» Data for processing

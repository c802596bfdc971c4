//! What copy changes.

use elf_types::{List, Octets};
use tool_text::Args;

/// A section's name, and bytes for it.
#[derive(Drop)]
pub struct NameBytes {
    /// The name.
    pub name: Octets,
    /// The bytes.
    pub bytes: Octets,
}

/// A section's name, and flags for it.
#[derive(Drop)]
pub struct NameBits {
    /// The name.
    pub name: Octets,
    /// The flags, `sh_flags`.
    pub bits: u64,
}

/// The changes that copy makes, in five kinds that come one after the other, each in the order of
/// its list.
#[derive(Drop)]
pub struct ChangeLists {
    /// The names of the sections that are removed.
    pub remove: Args,
    /// The sections that get other bytes: the name, and the bytes.
    pub update: List<NameBytes>,
    /// The sections that get another name: the name, and as bytes the new name.
    pub rename: List<NameBytes>,
    /// The sections that get other flags.
    pub flags: List<NameBits>,
    /// The sections that are added: the name, and the bytes.
    pub add: List<NameBytes>,
}
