//! The changes that copy makes (objcopy(1) of the development tools), and why it makes none.
#![tactic(auto)]

mod changes;
mod faulting;
mod faults;
mod options;

pub use changes::{ChangeLists, NameBits, NameBytes};
pub use faulting::{fault_allocated, fault_fixed, fault_no_bytes, fault_no_section};
pub use faults::CopyFault;
pub use options::{CopyChanges, NamedBits, NamedFile, Renaming};
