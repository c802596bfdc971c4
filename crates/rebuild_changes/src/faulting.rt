//! Faults that carry the name of a section.

ghost use Rattle.rebuild_model.specs.Copied.{CopyFault as StatedFault};
ghost use Rattle.rebuild_changes.specs.Stated.{IsFault};

use crate::faults::CopyFault;
use elf_types::Octets;
use std::alloc::Global;

/// The fault that no section has this name, or that there is no memory for a copy of it.
pub fn fault_no_section(alloc: Global, name: &Octets) -> CopyFault
    ensures { IsFault (StatedFault.NoSection name.now) result }
{
    match Octets::from_slice(alloc, name.as_slice()) {
        Ok(copy) => CopyFault::NoSection { name: copy },
        Err(e) => CopyFault::Strip(e),
    }
}

/// The fault that the section of this name has no bytes in the file, or that there is no memory for
/// a copy of it.
pub fn fault_no_bytes(alloc: Global, name: &Octets) -> CopyFault
    ensures { IsFault (StatedFault.NoBytes name.now) result }
{
    match Octets::from_slice(alloc, name.as_slice()) {
        Ok(copy) => CopyFault::NoBytes { name: copy },
        Err(e) => CopyFault::Strip(e),
    }
}

/// The fault that the section of this name is loaded and keeps its length, or that there is no
/// memory for a copy of it.
pub fn fault_allocated(alloc: Global, name: &Octets) -> CopyFault
    ensures { IsFault (StatedFault.Allocated name.now) result }
{
    match Octets::from_slice(alloc, name.as_slice()) {
        Ok(copy) => CopyFault::Allocated { name: copy },
        Err(e) => CopyFault::Strip(e),
    }
}

/// The fault that the section of this name stays allocated or not, or that there is no memory for a
/// copy of it.
pub fn fault_fixed(alloc: Global, name: &Octets) -> CopyFault
    ensures { IsFault (StatedFault.Fixed name.now) result }
{
    match Octets::from_slice(alloc, name.as_slice()) {
        Ok(copy) => CopyFault::Fixed { name: copy },
        Err(e) => CopyFault::Strip(e),
    }
}
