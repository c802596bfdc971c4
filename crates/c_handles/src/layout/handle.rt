//! The handle of a layout.

ghost use Rattle.std.specs.Prelude.{◌≡◌, Bool, true, false};
ghost use Rattle.c_handles.specs.declared.layout.planned.PlannedLayout.{PlannedLayout};
ghost use Rattle.c_handles.specs.Layout.Handles.{layout_own, layout_coded};

use crate::layout::planned::PlannedLayout;
use crate::objects::Loose;
use std::alloc::Global;
use std::marker::Model;
use std::mem::replace;
use std::ptr::null_mut;

/// What C holds of a layout: one pointer, of which it makes nothing but to hand it back. A null
/// pointer is the handle of nothing, with which C begins.
#[repr(C)]
#[derive(Drop)]
pub struct LayoutHandle {
    ptr: *mut u8,
    alloc: Global,
    /// Whether there is a layout.
    pub ghost full: { Bool },
    /// The layout, where there is one.
    pub ghost held: { PlannedLayout } by { layout_coded },
}

impl Model for LayoutHandle {
    ghost also_owns = { λ h. layout_own h.alloc h.ptr h.full h.held };
}

impl LayoutHandle {
    /// The handle of nothing.
    fn empty(alloc: Global) -> LayoutHandle
        ensures { result.full ≡ false }
    {
        LayoutHandle {
            ptr: null_mut(),
            alloc,
        }
    }

    /// The handle of what a box held.
    fn closed(loose: Loose<PlannedLayout, Global>) -> LayoutHandle
        ensures { (result.full ≡ true) × (result.held ≡ loose.value) }
    {
        let Loose { at, alloc } = loose;
        LayoutHandle {
            ptr: at as *mut u8,
            alloc,
        }
    }

    /// What the box held.
    fn opened(self) -> Loose<PlannedLayout, Global>
        requires { self.full ≡ true }
        ensures { result.value ≡ self.held }
    {
        let LayoutHandle { ptr, alloc } = self;
        Loose {
            at: ptr as *mut PlannedLayout,
            alloc,
        }
    }

    /// Takes the layout, and leaves the handle of nothing.
    pub fn take(&mut self, alloc: Global) -> Box<PlannedLayout>
        requires { self.old.full ≡ true }
        ensures layout { result.value ≡ self.old.held }
        ensures left { self.new.full ≡ false }
    {
        let full = replace(self, LayoutHandle::empty(alloc));
        full.opened().into_box()
    }

    /// Puts a layout in, where there is none.
    pub fn put(&mut self, layout: Box<PlannedLayout>)
        requires { self.old.full ≡ false }
        ensures { (self.new.full ≡ true) × (self.new.held ≡ layout.value) }
    {
        let _before = replace(self, LayoutHandle::closed(Loose::of(layout)));
    }
}
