//! What the options of copy ask for.

use elf_types::List;
use tool_text::{Args, Text};

/// The changes of `copy`, one list for each option, in the order of the arguments. No name of a
/// section holds a NUL byte.
#[derive(Drop)]
pub struct CopyChanges {
    /// `-R`: the names of sections to remove.
    pub remove: Args,
    /// `-u`: the sections that get new bytes.
    pub update: List<NamedFile>,
    /// `-n`: the sections that get a new name.
    pub rename: List<Renaming>,
    /// `-f`: the sections that get new flags.
    pub flags: List<NamedBits>,
    /// `-a`: the sections that are added.
    pub add: List<NamedFile>,
}

/// The option-argument `NAME=FILE`, split at its first `=`.
#[derive(Drop)]
pub struct NamedFile {
    /// The name of the section, which is not empty.
    pub name: Text,
    /// The file of its bytes.
    pub file: Text,
}

/// The option-argument `OLD=NEW`, split at its first `=`.
#[derive(Drop)]
pub struct Renaming {
    /// The name of the section, which is not empty.
    pub old: Text,
    /// Its new name.
    pub new: Text,
}

/// The option-argument `NAME=BITS`, split at its first `=`.
#[derive(Drop)]
pub struct NamedBits {
    /// The name of the section, which is not empty.
    pub name: Text,
    /// Its flags.
    pub bits: u64,
}
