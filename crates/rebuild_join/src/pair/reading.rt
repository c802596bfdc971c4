//! A read of a range of two sources, one after the other.

ghost use Rattle.std.specs.Prelude.{◌≡◌, ◌+◌, ◌≤◌, length};
ghost use Rattle.rebuild_join.specs.Pair.Reads.{both_answers, ReadsPair};

use elf_outside::{Failed, Source};

/// The result of two reads of which both were done.
fn answer_of_both(one: Result<(), Failed>, other: Result<(), Failed>) -> Result<(), Failed>
    ensures { result ≡ both_answers one other }
{
    match one {
        Ok(()) => other,
        Err(failed) => Err(failed),
    }
}

/// Reads a range that begins in the first source and ends in the second. Both are read, the second
/// too where the read of the first failed: so many bytes are asked for as the buffer has.
fn read_across<S: Source, T: Source>(
    first: &mut S,
    second: &mut T,
    at: u64,
    buf: &mut [u8],
) -> Result<(), Failed>
    requires begins { at ≤ S.size first.old }
    requires ends { S.size first.old ≤ at + length buf.old }
    requires inside { at + length buf.old ≤ S.size first.old + T.size second.old }
    ensures { ReadsPair S.Source T.Source at result first.old first.new second.old second.new
        buf.old buf.new }
{
    let end = first.len();
    let front = (end - at) as usize;
    let (here, there) = buf.split_at_mut(front);
    let one = first.read_at(at, here);
    let other = second.read_at(0, there);
    answer_of_both(one, other)
}

/// Reads the bytes from the place `at` on into the whole of `buf`, of the bytes of the first source
/// and after them those of the second. The range lies in them.
pub(crate) fn read_pair<S: Source, T: Source>(
    first: &mut S,
    second: &mut T,
    at: u64,
    buf: &mut [u8],
) -> Result<(), Failed>
    requires { at + length buf.old ≤ S.size first.old + T.size second.old }
    ensures { ReadsPair S.Source T.Source at result first.old first.new second.old second.new
        buf.old buf.new }
{
    let end = first.len();
    if end <= at {
        return second.read_at(at - end, buf);
    }
    if buf.len() as u64 <= end - at {
        return first.read_at(at, buf);
    }
    read_across(first, second, at, buf)
}
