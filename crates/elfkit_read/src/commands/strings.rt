//! strings: the printable runs of each file that it names.

ghost use Rattle.std.specs.Prelude.{◌≡◌, IsTrue, Some, codes};
ghost use Rattle.tool_output.specs.Files.{LeavesFiles};
ghost use Rattle.tool_output.specs.Statuses.{refused_status};
ghost use Rattle.tool_output.specs.Outcomes.{Does};
ghost use Rattle.strings_tool.specs.Tool.{strings_report, strings_asks};
ghost use Rattle.elfkit_read.specs.Strings.{strings_outcome};

use crate::files::{FileTool, each_file};
use elf_outside::{Files, Sink, Source};
use std::alloc::Global;
use strings_tool::{StringsOptions, show_strings};
use tool_output::{FileName, Outputs, Stop};
use tool_text::Args;

/// The tool of the command strings, which speaks of files and of no objects.
#[derive(Clone, Copy)]
struct StringsTool<'a> {
    /// The options.
    options: &'a StringsOptions,
}

impl FileTool for StringsTool<'_> {
    ghost command = { λ _. codes "strings" };

    ghost report = { λ t. strings_report t.options.now };

    ghost asks = { λ t bytes. Some (strings_asks t.options.now bytes) };

    fn command(&self) -> &'static str {
        "strings"
    }

    fn show<S: Source, O: Sink, E: Sink>(
        &self,
        alloc: Global,
        mut src: S,
        name: &[u8],
        outputs: &mut Outputs<'_, O, E>,
    ) -> (S, Result<bool, Stop>) {
        let shown = show_strings(alloc, &mut src, self.options, &FileName::of(name), outputs);
        (src, shown)
    }
}

/// The command strings: the printable runs of each file, in the order of the names. It returns
/// whether something was rejected.
pub fn run_strings<F: Files, O: Sink, E: Sink>(
    alloc: Global,
    options: &StringsOptions,
    names: &Args,
    files: &mut F,
    outputs: &mut Outputs<'_, O, E>,
) -> Result<bool, Stop>
    ensures does { IsTrue (F.tells files.old) → Does F.Files O.Sink E.Sink refused_status
        (strings_outcome options.now names.now (F.named files.old))
        result files.old files.new outputs.old outputs.new }
    ensures given { F.given files.new ≡ F.given files.old }
    ensures leaves { LeavesFiles F.Files O.Sink E.Sink
        result files.old files.new outputs.old outputs.new }
{
    let tool = StringsTool { options };
    each_file(alloc, &tool, names.as_slice(), files, outputs)
}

» Work item
The answer is a single number: how many lines in the data above hold the string "makes".

» Solution to this problem
3